Observe that the positions appear in double parenthesis. This is because of the
following:
It is possible to construct a string by specifying a root of a tree. The backend will then traverse the tree depth-first left-first (Pre-Order) and stringify its content. It will omit from the output string nodes that appear in double parenthesis.
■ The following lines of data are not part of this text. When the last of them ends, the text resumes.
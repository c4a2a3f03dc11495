//! Codecs of user-defined types that contain themselves, level by level, over any tokens: the laws
//! of fields, tuples, options, maps and variants around values of the type.
#![tactic(auto)]
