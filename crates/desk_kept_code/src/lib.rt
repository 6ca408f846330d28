//! Code in a renamed class: the law that it says the renamed thing.
//!
//! ```text
//! // a call teaches a proof the law: the code arrays of a new class are those of its class
//! desk_kept_code::kept_codes();
//! ```
#![tactic(auto)]

ghost use Rattle.desk_kept_code.specs.Kept.{KeptCodes};

/// The code arrays of the new class of a well-formed class for which no refusal stands are those of the class, one by one,
/// under images that keep forms: of the same methods, renamed; at the same places, moved with the body; and with the same
/// bytes, which read or fail alike, into the same instructions, where the index of each leads to the renamed value. It runs to
/// no effect: what it says is its contract.
pub fn kept_codes()
    ensures { KeptCodes }
{}
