/// Whether an attribute has its layout at a location (JVMS 4.7, table 4.7-C).
fn has_layout(attribute: Attribute, location: Location) -> bool
    ensures { result ≡ is_among (row_of inner_attributes attribute).places location }
{
    match attribute {
        Attribute::ConstantValue => matches!(location, Location::OfField),
        Attribute::Code
        | Attribute::Exceptions
        | Attribute::RuntimeVisibleParameterAnnotations
        | Attribute::RuntimeInvisibleParameterAnnotations
        | Attribute::AnnotationDefault
        | Attribute::MethodParameters => matches!(location, Location::OfMethod),
        Attribute::StackMapTable
        | Attribute::LineNumberTable
        | Attribute::LocalVariableTable
        | Attribute::LocalVariableTypeTable => matches!(location, Location::OfCode),
        Attribute::Synthetic | Attribute::Deprecated => {
            matches!(
                location,
                Location::OfClass | Location::OfField | Location::OfMethod
            )
        }
        Attribute::Signature
        | Attribute::RuntimeVisibleAnnotations
        | Attribute::RuntimeInvisibleAnnotations => !matches!(location, Location::OfCode),
        Attribute::RuntimeVisibleTypeAnnotations | Attribute::RuntimeInvisibleTypeAnnotations =>
            true,
        _ => matches!(location, Location::OfClass),
    }
}

const CONSTANT_VALUE: &[Slot] = &[Index(UseKind::Constant)];

const INNER_CLASSES: &[Slot] = &[
    Index(UseKind::Class),
    Index(UseKind::ClassOrNone),
    Index(UseKind::PlainOrNone),
    Number,
];

const ENCLOSING_METHOD: &[Slot] = &[Index(UseKind::Class), Index(UseKind::NameAndTypeOrNone)];

const CLASS_SIGNATURE: &[Slot] = &[Index(UseKind::ClassSig)];

const METHOD_SIGNATURE: &[Slot] = &[Index(UseKind::MethodSig)];

const FIELD_SIGNATURE: &[Slot] = &[Index(UseKind::FieldSig)];

const PLAIN: &[Slot] = &[Index(UseKind::Plain)];

const LOCAL_VARIABLES: &[Slot] = &[
    Number,
    Number,
    Index(UseKind::Plain),
    Index(UseKind::FieldDescriptor),
    Number,
];

const LOCAL_VARIABLE_TYPES: &[Slot] = &[
    Number,
    Number,
    Index(UseKind::Plain),
    Index(UseKind::FieldSig),
    Number,
];

const HANDLE: &[Slot] = &[Index(UseKind::MethodHandle)];

const LOADABLE: &[Slot] = &[Index(UseKind::Loadable)];

const PACKAGES: &[Slot] = &[Index(UseKind::Package)];

/// The slots of a Signature at a location (JVMS 4.7.9).
#[tactic(auto, unfolding(desk_format::specs::Rows::row_layout))]
fn signature(location: Location) -> Part
    ensures layout { part_layout result ≡ (row_of inner_attributes Attribute.Signature).body location 0 }
    ensures below { rank result ≡ 0 }
{
    match location {
        Location::OfClass => Part::Slots(CLASS_SIGNATURE),
        Location::OfMethod => Part::Slots(METHOD_SIGNATURE),
        _ => Part::Slots(FIELD_SIGNATURE),
    }
}

/// The body of a known attribute at one of its places, of a length.
#[tactic(auto, using(crate::proofs::Depths::in_method, crate::proofs::Depths::in_class, crate::proofs::Depths::high), unfolding(desk_format::specs::Rows::row_layout))]
fn known_part(attribute: Attribute, location: Location, length: u32) -> Part
    ensures layout { part_layout result ≡ (row_of inner_attributes attribute).body location length }
    ensures below { is_among (row_of inner_attributes attribute).places location ≡ true → rank result < level location }
{
    match attribute {
        Attribute::ConstantValue => Part::Slots(CONSTANT_VALUE),
        Attribute::Code => Part::Class(ClassPart::Code),
        Attribute::StackMapTable => Part::Stack(StackPart::Frames),
        Attribute::Exceptions => Part::Table(CLASS),
        Attribute::InnerClasses => Part::Table(INNER_CLASSES),
        Attribute::EnclosingMethod => Part::Slots(ENCLOSING_METHOD),
        Attribute::Synthetic | Attribute::Deprecated => Part::Nothing,
        Attribute::Signature => signature(location),
        Attribute::SourceFile => Part::Slots(PLAIN),
        Attribute::SourceDebugExtension => Part::Raw(length),
        Attribute::LineNumberTable => Part::Table(TWO_NUMBERS),
        Attribute::LocalVariableTable => Part::Table(LOCAL_VARIABLES),
        Attribute::LocalVariableTypeTable => Part::Table(LOCAL_VARIABLE_TYPES),
        Attribute::RuntimeVisibleAnnotations | Attribute::RuntimeInvisibleAnnotations => {
            Part::Annotation(AnnotationPart::Many(1))
        }
        Attribute::RuntimeVisibleParameterAnnotations
        | Attribute::RuntimeInvisibleParameterAnnotations => Part::Annotation(
            AnnotationPart::OfParameters,
        ),
        Attribute::RuntimeVisibleTypeAnnotations | Attribute::RuntimeInvisibleTypeAnnotations => {
            Part::TypeAnnotation(TypeAnnotationPart::Many)
        }
        Attribute::AnnotationDefault => Part::Annotation(AnnotationPart::Element(1)),
        Attribute::BootstrapMethods => Part::SlotsAndTables(HANDLE, LOADABLE),
        Attribute::MethodParameters => Part::Class(ClassPart::MethodParameters),
        Attribute::Module => Part::Class(ClassPart::Module),
        Attribute::ModulePackages => Part::Table(PACKAGES),
        Attribute::ModuleMainClass | Attribute::NestHost => Part::Slots(CLASS),
        Attribute::NestMembers | Attribute::PermittedSubclasses => Part::Table(CLASS),
        Attribute::Record => Part::Class(ClassPart::Components),
    }
}

/// The body of an attribute at a location, of so many bytes; raw where it has no layout there.
pub fn attribute_part(location: Location, attribute: Option<Attribute>, length: u32) -> Part
    ensures layout { part_layout result ≡ body_at location length attribute }
    ensures below { rank result < level location }
{
    match attribute {
        None => Part::Raw(length),
        Some(known) => {
            if has_layout(known, location) {
                known_part(known, location, length)
            } else {
                Part::Raw(length)
            }
        }
    }
}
For example the program
@string str T((1 2)).
T((1 2) (2 3) (a b)).
T((a b) (c d)).
T((2 3) (4 5)).
will result in having the relation symbol str
represent the string:
"122345abcd"
while if we had:
@string str T((1 2)).
T((1 2) ((2 3)) (a b)).
T((a b) ((c d))).
T(((2 3)) (4 5)).
the string str
would be:
"1245ab"
This relation str
is then transferred to the next sequenced program, or
emitted as the output of the program if no sequenced program is present.
Note that the double-parenthesis omission is denoted on the successor nodes.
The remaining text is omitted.